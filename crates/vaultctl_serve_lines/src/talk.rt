//! One connection of lines, which stays open from line to line.
ghost use Rattle.std.specs.Prelude.{◌≡◌, length, nat_eq, not};

use crate::hearing::{News, allowed, cut, hear, take_line};
use crate::line_door::LinePeer;
use std::alloc::Global;
use std::time::{Clock, Duration, Instant};
use std::{io, mem};
use vaultctl_serve::inbound::TimedPeer;
use vaultctl_serve::peer::Peer;
use vaultctl_serve_lines_answers::heard::Heard;

/// A connection of lines, and what was read of it and isn't answered.
#[derive(Drop)]
pub struct Talk {
    peer: LinePeer,
    /// When it was taken.
    since: Instant,
    unread: Vec<u8>,
    /// What is unread may begin with a whole line.
    has_line: bool,
    /// How long one has waited for it since the first byte that is unread came; without one, since its last line was
    /// answered. The time in which others were served isn't counted.
    waited: Duration,
}

impl Peer for Talk {
    fn read_within(&self, buf: &mut [u8], limit: Duration) -> io::Result<usize> {
        self.peer.read_within(buf, limit)
    }

    fn write_within(&self, buf: &[u8], limit: Duration) -> io::Result<usize> {
        self.peer.write_within(buf, limit)
    }

    fn end(&self) -> io::Result<()> {
        self.peer.end()
    }
}

impl Talk {
    /// A connection that was just taken.
    pub fn new(alloc: Global, peer: LinePeer, since: Instant) -> Talk {
        Talk {
            peer,
            since,
            unread: Vec::new(alloc),
            has_line: false,
            waited: Duration::ZERO,
        }
    }

    /// The number of its descriptor.
    pub fn descriptor(&self) -> i32 {
        self.peer.descriptor()
    }

    /// A part of a line has come that isn't answered.
    pub fn has_begun(&self) -> bool
        ensures { result ≡ not (nat_eq (length self.now.unread.items) 0) }
    {
        !self.unread.is_empty()
    }

    /// What was read of it may begin with a whole line, so that one need not wait for it.
    pub fn has_line(&self) -> bool {
        self.has_line
    }

    /// How long one still waits for it, where it may be silent for so long between two lines.
    pub fn patience(&self, silent: Duration) -> Duration {
        let limit = if self.unread.is_empty() {
            silent
        } else {
            allowed(self.unread.len())
        };
        limit.saturating_sub(self.waited)
    }

    /// One has waited for it.
    pub fn wait(&mut self, time: Duration) {
        self.waited = self.waited.saturating_add(time);
    }

    /// Its line was answered, and the time of the next one begins.
    pub fn answered(&mut self) {
        self.waited = Duration::ZERO;
    }

    /// Reads what has come, and takes the next line, if that is whole.
    ///
    /// An error says that no line comes any more: the connection is at its end, or its line is late, or room was
    /// refused.
    pub fn read_on<C: Clock>(&mut self, clock: &C, alloc: Global) -> io::Result<Option<Heard>> {
        if !self.has_line {
            match self.hear(clock)? {
                News::End => return self.last_line(alloc),
                News::Part => {
                    cut(&mut self.unread);
                    return Ok(None);
                }
                News::Line => {}
            }
        }
        let found = take_line(alloc, &mut self.unread)?;
        self.has_line = found.is_some() && !self.unread.is_empty();
        Ok(found)
    }

    /// Reads what has come.
    fn hear<C: Clock>(&mut self, clock: &C) -> io::Result<News> {
        if self.unread.is_empty() {
            self.waited = Duration::ZERO;
        }
        let begun = self.since.elapsed(clock)?.saturating_sub(self.waited);
        let peer = &self.peer;
        let since = self.since;
        let mut inbound = TimedPeer { clock, peer, since };
        hear(&mut inbound, &mut self.unread, begun)
    }

    /// The line that lacks its LF, where the connection ended after one. The error says that nothing is left of it.
    fn last_line(&mut self, alloc: Global) -> io::Result<Option<Heard>> {
        if self.unread.is_empty() {
            return Err(io::Error::from(io::ErrorKind::UnexpectedEof));
        }
        let bytes = mem::replace(&mut self.unread, Vec::new(alloc));
        Ok(Some(Heard {
            bytes,
            is_ended: false,
        }))
    }
}
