//! What the vault answers.
ghost use Rattle.std.specs.Prelude.{◌≡◌, [], ◌∷◌, ◌++◌, OnOk, OnErr};

use crate::records::{Entry, Tenures};
use std::alloc::{AllocError, Global};
use std::marker::Model;
use vault_base::content::Content;
use vault_base::moment::Moment;
use vault_base::name::{DeptName, VersionId};
use vault_base::refusal::Refusal;
use vault_lock::lock::{Lock, Permit};
use vault_lock::retention::{Default, Retention};
use vault_rules::rule_set::RuleSet;

/// A held version and its last lock.
#[derive(Drop)]
pub struct Version {
    pub entry: Entry,
    pub lock: Lock,
}

/// An entry of a listing.
#[derive(Drop)]
pub struct Listed {
    pub entry: Entry,
    pub current: bool,
}

/// The entries of a listing, in order.
#[derive(Drop)]
pub struct Listing {
    entries: Vec<Listed>,
}

impl Model for Listing {
    ghost use Rattle.std.specs.Prelude.{List};
    ghost use Rattle.vault_core_model.specs.declared.reply.Listed.{Listed};

    ghost Value = { List Listed };

    ghost view = { λ l. l.entries.items };
}

impl Listing {
    /// No entry.
    pub fn new(alloc: Global) -> Listing
        ensures { result ≡ [] }
    {
        Listing {
            entries: Vec::new(alloc),
        }
    }

    /// One entry more, the last.
    pub fn push(&mut self, entry: Listed) -> Result<(), AllocError>
        ensures ok { OnOk result (self.new ≡ self.old ++ entry ∷ []) }
        ensures err { OnErr result (self.new ≡ self.old) }
    {
        self.entries.push(entry)?;
        Ok(())
    }

    /// The entries, in order.
    pub fn as_slice(&self) -> &[Listed]
        ensures { result.now ≡ self.now }
    {
        self.entries.as_slice()
    }
}

/// A listing, and whether entries after it were left out.
#[derive(Drop)]
pub struct Page {
    pub entries: Listing,
    pub more: bool,
}

/// A removed entry, and how its removal was permitted.
#[derive(Clone, Copy, PartialEq, Eq)]
pub struct Removed {
    pub id: VersionId,
    pub marker: bool,
    pub permit: Permit,
}

/// How many changes a lifecycle run made, and of which kind.
#[derive(Clone, Copy, Debug, PartialEq, Eq)]
pub struct Counts {
    pub changes: u64,
    /// Delete markers put on top.
    pub marked: u64,
    /// Noncurrent entries removed.
    pub removed: u64,
    /// Markers removed that were their key's only entry.
    pub lone: u64,
}

/// The sums of a department at a moment.
#[derive(Drop)]
pub struct Report {
    pub dept: DeptName,
    pub at: Moment,
    /// The bytes ever admitted.
    pub admitted: u64,
    /// The bytes ever received with buckets.
    pub received: u64,
    /// The bytes held.
    pub held: u64,
    /// The bytes removed.
    pub removed: u64,
    /// The bytes handed over with buckets.
    pub handed: u64,
    /// Bytes times whole days that the department had them, of removed and handed over versions too.
    pub byte_days: u64,
}

/// The version of an intake line, and whether it was there before.
#[derive(Clone, Copy, PartialEq, Eq)]
pub struct TakenIn {
    pub id: VersionId,
    pub again: bool,
}

/// What a command that was done answers.
#[derive(Drop)]
pub enum Answer {
    Nothing,
    Default(Option<Default>),
    Rules(RuleSet),
    Admitted(VersionId),
    Version(Version, Content),
    Head(Version),
    Versions(Page),
    Marked(VersionId),
    Removed(Removed),
    Retention(Option<Retention>),
    Hold(bool),
    Ran(Counts),
    Report(Report),
    /// The removed version, and the departments that had it.
    Certificate(Entry, Tenures),
    /// The bytes of the held content that moved with its bucket.
    Moved(u64),
    TakenIn(TakenIn),
}

/// What stops a lifecycle run.
#[derive(Clone, Copy, Debug, PartialEq, Eq)]
pub enum Stop {
    /// No memory was left for a growth.
    Memory,
    /// The device failed.
    Device,
    /// No id was left for a delete marker.
    VaultFull,
}

/// The reply to a command.
#[derive(Drop)]
pub enum Reply {
    Done(Answer),
    Refused(Refusal),
    /// A lifecycle run stopped after that many changes, which stand.
    Stopped(u64, Stop),
}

__THE TASK__. Please state how many lines in the data contain the word "entries", giving only that number.

__ANSWER__. 10